Opening up the paradigm of the nature of life and death dramatically changes how spirits in heaven see events on Earth. Their perspective makes this book fun, and it also helps me as a human to view life on this planet from a different perspective. For example, spirits would see human pregnancy from an entirely different viewpoint. They would know the soul purpose or karma driving the embryo’s existence. I marvel at what life on Earth would be like if we had information like this for every baby that was born.
I like how this “reality” colors various social issues people face. For instance, same-sex marriage. Wouldn’t it make a huge difference to know that this was planned in advance for spiritual-learning purposes? And it’s made even more ironic to think that one of the main adversaries for gay people in many cases is organized religion.
What we do for a living could be more profound if we viewed it through the filter of soul survival and personal accountability. For example, my protagonist was in Earth terms a highly successful advertising copywriter. He made a fortune and got prestige. In heaven he was faced with confronting the karmic consequences of his career choice of becoming a paid professional liar.

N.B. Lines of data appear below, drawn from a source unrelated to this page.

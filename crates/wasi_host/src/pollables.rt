//! Pollables, and whether what they watch is ready.

ghost use Rattle.std.specs.Prelude.{◌≡◌, ◌+◌, ◌<◌, ◌^◌, false, IfOk};
ghost use Rattle.wasi_world.specs.Asks.{AsksFor};
ghost use Rattle.wasi_records.specs.Records.{tcp2_at};
ghost use Rattle.tcp_records.specs.Listening.{TakesOne};
ghost use Rattle.record_common.specs.Stops.{fault_outcome};
ghost use Rattle.host_store.specs.Machine.{own_of};
ghost use Rattle.wasi_host.specs.Pollables.{subscribe_asks, ready_asks, ids_after_ready, watches_incoming, watched_side};
ghost use Rattle.host_store.specs.Readiness.{ready_at, ready_ids_at, ready_record, ready_ids};
ghost use Rattle.tcp_records.specs.Sides.{Balances};
ghost use Rattle.record_common.specs.Sides.{no_socket};
ghost use Rattle.host_store.specs.KnownSides.{KnowsSides};
ghost use Rattle.host_store.specs.Views.{SameView, state_of, HostKept};

use host_lookups::lookup_ready;
use host_store::{Kind, Store, WasiSocketsCtxView, Watched, handles};
use host_udp::{incoming_ready, outgoing_ready, udp_side};
use tcp_records::TcpRecord;
use wasi_records::find_mut;
use wasi_streams::{Fault, TrapKind};
use wasi_world::{Handle, Ids, Sock, World};

/// Looks once at what a pollable watches of a TCP socket.
fn poll_ready<W: World>(
    record: &mut TcpRecord,
    world: &mut W,
    ids: &mut Ids,
    watched: Watched,
) -> Result<bool, Fault>
    requires open { (W.seen world.old).ended ≡ false }
    requires names { ids.old.next_part + 1 < 2 ^ 64 }
    ensures asked { AsksFor (ready_record (own_of ids.old.line) ids.old watched record.old)
        (W.seen world.old) (W.seen world.new) (λ ready. (ready, record.new))
        (fault_outcome result) }
    ensures ids { ids.new ≡ ready_ids ids.old watched record.old }
    ensures sides { Balances (W.seen world.old) (W.seen world.new) no_socket record.old
        record.new }
{
    match watched {
        Watched::Socket(_) => record.socket_ready(world, ids),
        Watched::Input(_) => record.input_ready(world, ids.own()),
        Watched::Output(_) => record.output_ready(world, ids.own()),
        Watched::Udp(_)
        | Watched::Incoming(_)
        | Watched::Outgoing(_)
        | Watched::Lookup(_)
        | Watched::Plain => { Err(Fault::Trap(TrapKind::NoSuchHandle)) }
    }
}

/// The network socket of what is watched.
fn watched_side(store: &Store, watched: Watched) -> Option<Sock>
    ensures { result ≡ watched_side store.now watched }
{
    match watched {
        Watched::Udp(place) | Watched::Incoming(place) | Watched::Outgoing(place) => {
            udp_side(store, place)
        }
        Watched::Socket(place) | Watched::Input(place) | Watched::Output(place) => {
            store.side(place)
        }
        Watched::Lookup(_) | Watched::Plain => None,
    }
}

/// Looks once at what a pollable watches of the TCP socket with this record number.
pub(crate) fn poll_watched<W: World>(
    store: &mut Store,
    world: &mut W,
    ids: &mut Ids,
    watched: Watched,
    place: usize,
) -> Result<bool, Fault>
    requires open { (W.seen world.old).ended ≡ false }
    requires names { ids.old.next_part + 1 < 2 ^ 64 }
    ensures asked { AsksFor (ready_at store.old (own_of ids.old.line) ids.old watched place
        (tcp2_at store.old.records place)) (W.seen world.old) (W.seen world.new)
        (λ ready. (ready, store.new)) (fault_outcome result) }
    ensures sides { KnowsSides (W.seen world.old) store.old
        → KnowsSides (W.seen world.new) store.new }
    ensures ids { ids.new ≡ ready_ids_at ids.old watched (tcp2_at store.old.records place) }
{
    let Some(record) = find_mut::<TcpRecord>(&mut store.records, place) else {
        return Err(Fault::Trap(TrapKind::NoSuchHandle));
    };
    poll_ready(record, world, ids, watched)
}

/// Makes a pollable for a socket, a stream or a lookup, as its child in the table (`subscribe`).
pub fn subscribe<W: World>(
    view: &mut WasiSocketsCtxView<'_>,
    world: &mut W,
    ids: &mut Ids,
    this: Handle,
) -> Result<Handle, Fault>
    requires { (W.seen world.old).ended ≡ false }
    ensures asked { AsksFor (subscribe_asks (state_of view.old) (own_of ids.old.line) this)
        (W.seen world.old) (W.seen world.new) (λ made. (made, state_of view.new))
        (fault_outcome result) }
    ensures kept { HostKept view.old view.new ids.old ids.new (W.seen world.old)
        (W.seen world.new) }
{
    let watched = handles::watched(view.table, this)?;
    let side = watched_side(view.store, watched);
    let kind = Kind::Pollable(watched);
    handles::make(view.table, world, ids.own(), kind, Some(this), side)
}

/// Looks once whether what a pollable watches is ready (`pollable.ready`).
///
/// - A TCP socket: its connect in progress is polled, or the accept of a listener, whose result is
///   left to [`accept`](Store::accept).
/// - A stream of a connection: whether it can be read or written; an error is ready, too.
/// - An incoming datagram stream: a receive is begun where there is none, and its datagram is left
///   to [`receive`](Store::receive_datagrams).
/// - An outgoing datagram stream is ready unless its last datagram isn't sent yet, and a lookup
///   unless it is in progress.
/// - A UDP socket and a stream in memory are always ready.
///
/// An accept or a receive that begins takes the next name of the line.
pub fn ready<W: World>(
    view: &mut WasiSocketsCtxView<'_>,
    world: &mut W,
    ids: &mut Ids,
    pollable: Handle,
) -> Result<bool, Fault>
    requires open { (W.seen world.old).ended ≡ false }
    requires names { ids.old.next_part + 1 < 2 ^ 64 }
    ensures asked { AsksFor (ready_asks (state_of view.old) ids.old pollable) (W.seen world.old)
        (W.seen world.new) (λ ready. (ready, state_of view.new)) (fault_outcome result) }
    ensures sides { KnowsSides (W.seen world.old) view.old.store.now
        → KnowsSides (W.seen world.new) view.new.store.now }
    ensures view { SameView view.old view.new }
    ensures taken { TakesOne ids.old ids.new }
    ensures ids { watches_incoming (state_of view.old) pollable ≡ false
        → ids.new ≡ ids_after_ready (state_of view.old) ids.old pollable }
    ensures names { IfOk (fault_outcome result) (λ ready. ids.new
        ≡ ids_after_ready (state_of view.old) ids.old pollable) }
{
    let watched = handles::watch(view.table, pollable)?;
    match watched {
        Watched::Udp(_) | Watched::Plain => Ok(true),
        Watched::Incoming(place) => incoming_ready(view.store, world, ids, place),
        Watched::Outgoing(place) => Ok(outgoing_ready(view.store, place)),
        Watched::Lookup(place) => Ok(lookup_ready(view.store, place)),
        Watched::Socket(place) | Watched::Input(place) | Watched::Output(place) => {
            poll_watched(view.store, world, ids, watched, place)
        }
    }
}
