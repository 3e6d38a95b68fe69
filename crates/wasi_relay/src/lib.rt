//! A guest that is useful by itself: it listens on one address, connects each arrival to a target,
//! and copies both ways. It makes its calls through a session, over any `World`.
#![tactic(auto)]

mod calls;
mod copying;
pub mod idle;
pub mod order;
pub mod pair;
mod pairs;
pub mod service;
mod serving;
mod setup;
mod turns;

pub use idle::{Idle, NoWait};
pub use order::Order;
pub use pair::{DirEnd, Flow, Pair, Peer, Stage};
pub use service::{RelayEnd, Relayed, relay};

Although it might sound like it, the afterlife that I have created is not about punishment. Nor is it about reward. It is a picture of a place where people arrive and simply have more access to truth. It’s something like a post-final exam debriefing where professors discuss the test of life and explain the questions. The exam is supposed to answer the ultimate question, “Did you achieve the purpose for which you were born?”
Of course, I wonder if my view of heaven is just an elaborate daydream, even though it was based a great deal on what others have written. So for me the next intriguing question is did I cook this up from scratch or am I channeling what it’s really like there?